Fans publish community mod that restores Memory, Skills and MCP to DeepSeek V4 web client
Community mod fills missing features
A group of Chinese users has reportedly released a community modification of the web version of DeepSeek (深寻) V4 that restores or implements several popular features long requested by users — notably Memory, Skills and an MCP-like control panel. The mod appears aimed at filling functional gaps left by the official V4 web release, offering an experience closer to what advanced Agent workflows require. It has been reported that the patch is circulating on Chinese developer forums and Git repositories; the changes have not been validated by DeepSeek itself.

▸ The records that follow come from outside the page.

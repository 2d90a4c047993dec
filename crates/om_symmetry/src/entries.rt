//! Lists of signed elements, by value.

ghost use Rattle.std.specs.Prelude.{◌≡◌, ◌≤◌, ◌<◌, ◌-◌, ◌∷◌, [], ◌++◌, length, slice_set};
ghost use Rattle.om_symmetry.specs.Permutations.{signed_at};

use super::signed_element::SignedElement;
use om_signs::MAX_PLACES;
use std::marker::Model;

/// The number of places of a table.
pub(crate) const ROOM: usize = MAX_PLACES as usize;

/// What stands at the places that aren't in use.
const UNUSED: SignedElement = SignedElement {
    element: 0,
    negated: false,
};

/// A list of at most [`MAX_PLACES`] signed elements, by value. Contracts see the list.
#[derive(Drop)]
pub(crate) struct Entries {
    table: [SignedElement; ROOM],
    len: u8,
}

impl Model for Entries {
    ghost use Rattle.std.specs.Prelude.{List, take};
    ghost use Rattle.om_symmetry.specs.declared.signed_element.SignedElement.{SignedElement};

    ghost Value = { List SignedElement };

    ghost use Rattle.om_symmetry.specs.Table.{IsTable};

    ghost view = { λ e. take e.len e.table };

    ghost invariant = { λ e. IsTable e.table e.len };
}

impl Entries {
    /// The empty list.
    pub fn new() -> Entries
        ensures { result ≡ [] }
    {
        Entries {
            table: [UNUSED; ROOM],
            len: 0,
        }
    }

    /// Adds a signed element at the end.
    pub fn push(&mut self, a: SignedElement)
        requires { length self.old < MAX_PLACES }
        ensures { self.new ≡ self.old ++ a ∷ [] }
    {
        self.table[self.len as usize] = a;
        self.len += 1;
    }

    /// The number of signed elements.
    pub fn len(&self) -> u8
        ensures value { result ≡ length self.now }
        ensures few { result ≤ MAX_PLACES }
    {
        self.len
    }

    /// The signed elements, one after the other.
    pub fn as_slice(&self) -> &[SignedElement]
        ensures value { result.now ≡ self.now }
        ensures few { length result.now ≤ MAX_PLACES }
    {
        &self.table[..self.len as usize]
    }

    /// The signed element at a place, counted from 1.
    pub fn at(&self, place: u8) -> SignedElement
        requires low { 1 ≤ place }
        requires high { place ≤ length self.now }
        ensures { result ≡ signed_at self.now place }
    {
        self.table[place as usize - 1]
    }

    /// Writes a signed element at a place, counted from 1. The others stay.
    pub fn set(&mut self, place: u8, a: SignedElement)
        requires low { 1 ≤ place }
        requires high { place ≤ length self.old }
        ensures { self.new ≡ slice_set self.old (place - 1) a }
    {
        self.table[place as usize - 1] = a;
    }
}
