//! The laws of signed permutations and of their action on maps. Each function is a theorem: it has an empty body, and
//! its contract is the statement.

ghost use Rattle.std.specs.Prelude.{ℕ, ◌≡◌, ◌≢◌, ◌%◌, ◌↔◌, Bool, List, length, map};
ghost use Rattle.om_signs.specs.Sign.{product};
ghost use Rattle.om_subsets.specs.Subsets.{IsSubsetFrom};
ghost use Rattle.om_laws.specs.Reorientation.{reoriented, turning, signs_product};
ghost use Rattle.om_laws.specs.Sorting.{IsElement, Each, IsTuple};
ghost use Rattle.om_laws.specs.Tuples.{sorted};
ghost use Rattle.om_chirotope.specs.Map.{SignMap, IsMap, chi_of, value_of, negated};
ghost use Rattle.om_chirotope.specs.Chirotope.{IsChirotope};
ghost use Rattle.om_chirotope.specs.ThreeTerm.{IsBasis};
ghost use Rattle.om_denotation.specs.Maps.{map_by};
ghost use Rattle.om_matroid.specs.Bases.{IsIndependent, IsLoop, IsColoop};
ghost use Rattle.om_symmetry.specs.declared.signed_element.SignedElement.{SignedElement};
ghost use Rattle.om_symmetry.specs.Permutations.{IsSignedPermutation, element_at, is_negated_at, acted, followed_by};
ghost use Rattle.om_symmetry.specs.Permutations.{negated_on, identity, all_negated, AreInverse, AreIsomorphic};

/// The value of a tuple in the image of a map is the value of the tuple of the old elements, negated once for each
/// negative among them.
///
/// Source: Björner, Las Vergnas, Sturmfels, White and Ziegler, *Oriented Matroids*, chapter 3.
pub fn values_of_an_image()
    ensures { (m : SignMap) (w : List SignedElement) (t : List ℕ) → IsSignedPermutation m.elements w
        → IsTuple m.elements m.rank t → value_of (acted w m) t
        ≡ product (signs_product (turning (is_negated_at w)) t) (value_of m (map (element_at w) t)) }
{}

/// Signed permutations of 1 to n are a group: products and the identity are signed permutations, products associate,
/// and each signed permutation has an inverse.
pub fn group_of_signed_permutations()
    ensures product { (n : ℕ) (w v : List SignedElement) → IsSignedPermutation n w → IsSignedPermutation n v
        → IsSignedPermutation n (followed_by w v) }
    ensures identity { (n : ℕ) → IsSignedPermutation n (identity n) }
    ensures neutral { (n : ℕ) (w : List SignedElement) → IsSignedPermutation n w
        → (followed_by w (identity n) ≡ w) × (followed_by (identity n) w ≡ w) }
    ensures associative { (w v u : List SignedElement)
        → followed_by (followed_by w v) u ≡ followed_by w (followed_by v u) }
    ensures inverse { (n : ℕ) (w : List SignedElement) → IsSignedPermutation n w
        → (v : List SignedElement) × IsSignedPermutation n v × AreInverse w v }
{}

/// The group of signed permutations acts on maps: a product acts as one signed permutation after the other, and the
/// identity leaves each map as it is.
pub fn action_on_maps()
    ensures product { (m : SignMap) (w v : List SignedElement) → IsSignedPermutation m.elements w
        → IsSignedPermutation m.elements v → acted (followed_by w v) m ≡ acted v (acted w m) }
    ensures identity { (m : SignMap) → IsMap m → acted (identity m.elements) m ≡ m }
    ensures inverse { (m : SignMap) (w v : List SignedElement) → IsMap m → IsSignedPermutation m.elements w
        → IsSignedPermutation m.elements v → AreInverse w v → acted v (acted w m) ≡ m }
{}

/// Being isomorphic is an equivalence of maps.
pub fn isomorphism_is_an_equivalence()
    ensures reflexive { (m : SignMap) → IsMap m → AreIsomorphic m m }
    ensures symmetric { (m k : SignMap) → IsMap m → AreIsomorphic m k → AreIsomorphic k m }
    ensures transitive { (m k j : SignMap) → AreIsomorphic m k → AreIsomorphic k j → AreIsomorphic m j }
{}

/// The image of a chirotope is a chirotope.
///
/// Source: Björner, Las Vergnas, Sturmfels, White and Ziegler, *Oriented Matroids*, chapter 3.
pub fn images_of_chirotopes()
    ensures { (m : SignMap) (w : List SignedElement) → IsSignedPermutation m.elements w → IsChirotope m
        → IsChirotope (acted w m) }
{}

/// The negation of a set of elements acts as the reorientation of the set. The negation of all elements takes a map of
/// odd rank to its negative, so the two are isomorphic. It leaves a map of even rank as it is.
///
/// Source: Björner, Las Vergnas, Sturmfels, White and Ziegler, *Oriented Matroids*, chapter 3.
pub fn reorientations_and_negatives()
    ensures permutation { (n : ℕ) (set : ℕ → Bool) → IsSignedPermutation n (negated_on n set) }
    ensures reorientation { (m : SignMap) (set : ℕ → Bool)
        → acted (negated_on m.elements set) m ≡ map_by m.rank m.elements (reoriented set (chi_of m)) }
    ensures odd { (m : SignMap) → IsMap m → m.rank % 2 ≡ 1 → acted (all_negated m.elements) m ≡ negated m }
    ensures even { (m : SignMap) → IsMap m → m.rank % 2 ≢ 1 → acted (all_negated m.elements) m ≡ m }
    ensures isomorphic { (m : SignMap) → IsMap m → m.rank % 2 ≡ 1 → AreIsomorphic m (negated m) }
{}

/// A list is a basis of the image exactly if the old elements, sorted, are a basis of the map. Loops and coloops of the
/// image are those elements whose old ones are, and so with independent sets.
///
/// Source: Björner, Las Vergnas, Sturmfels, White and Ziegler, *Oriented Matroids*, chapter 3.
pub fn bases_of_an_image()
    ensures bases { (m : SignMap) (w : List SignedElement) (b : List ℕ) → IsSignedPermutation m.elements w
        → IsSubsetFrom 1 m.elements b → length b ≡ m.rank
        → IsBasis (acted w m) b ↔ IsBasis m (sorted (map (element_at w) b)) }
    ensures independent { (m : SignMap) (w : List SignedElement) (s : List ℕ) → IsSignedPermutation m.elements w
        → Each (IsElement m.elements) s → IsIndependent (acted w m) s ↔ IsIndependent m (map (element_at w) s) }
    ensures loops { (m : SignMap) (w : List SignedElement) (e : ℕ) → IsSignedPermutation m.elements w
        → IsElement m.elements e → IsLoop (acted w m) e ↔ IsLoop m (element_at w e) }
    ensures coloops { (m : SignMap) (w : List SignedElement) (e : ℕ) → IsSignedPermutation m.elements w
        → IsElement m.elements e → IsColoop (acted w m) e ↔ IsColoop m (element_at w e) }
{}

Why users moved to modding
Why did volunteer developers step in? Short answer: demand. Agent-style workflows consume far more tokens and rely on persistent state (Memory), modular task tools (Skills) and management/control interfaces (MCP). As commercial model providers race to lower inference costs and scale Agent calls, many users find the official web UI lags behind in practical tooling. The fan mod suggests an appetite for hands-on features that enable longer-running, multi-step Agents — and an impatience with waiting for vendor roadmaps.
Commercial and geopolitical backdrop
The mod arrives as DeepSeek’s broader strategy appears to be shifting. It has been reported that Contemporary Amperex Technology Co., Limited (CATL) (宁德时代) has decided to join DeepSeek’s first funding round, with other potential investors reportedly including Tencent (腾讯), JD.com (京东), NetEase (网易), IDG and Monolith. The company also announced a permanent 75% cut to V4-Pro API pricing on May 23. Behind the scenes sits Huanfang Quant (幻方量化), the quantitative firm that incubated DeepSeek; the firm’s large capital base and focus on engineering-heavy deployment help explain the platform-style shift. Domestic hardware adaptation (国产卡适配) and efforts to reduce inference costs must also be read in the context of broader US-China technology decoupling and supply-chain pressures.
Implications and unanswered questions
The community mod is a reminder that user ecosystems can move faster than corporate product cycles. Will DeepSeek accept community contributions, or will the company double down on centralized platform control as it chases scale and institutional investors? There are risks too — IP, security and regulatory scrutiny increase when third parties modify deployed AI front-ends. For now, the mod underscores a central tension in the Chinese AI market: model capability matters, but so does the tooling that unlocks real-world Agent usage — and the race to capture that usage is increasingly an infrastructure play.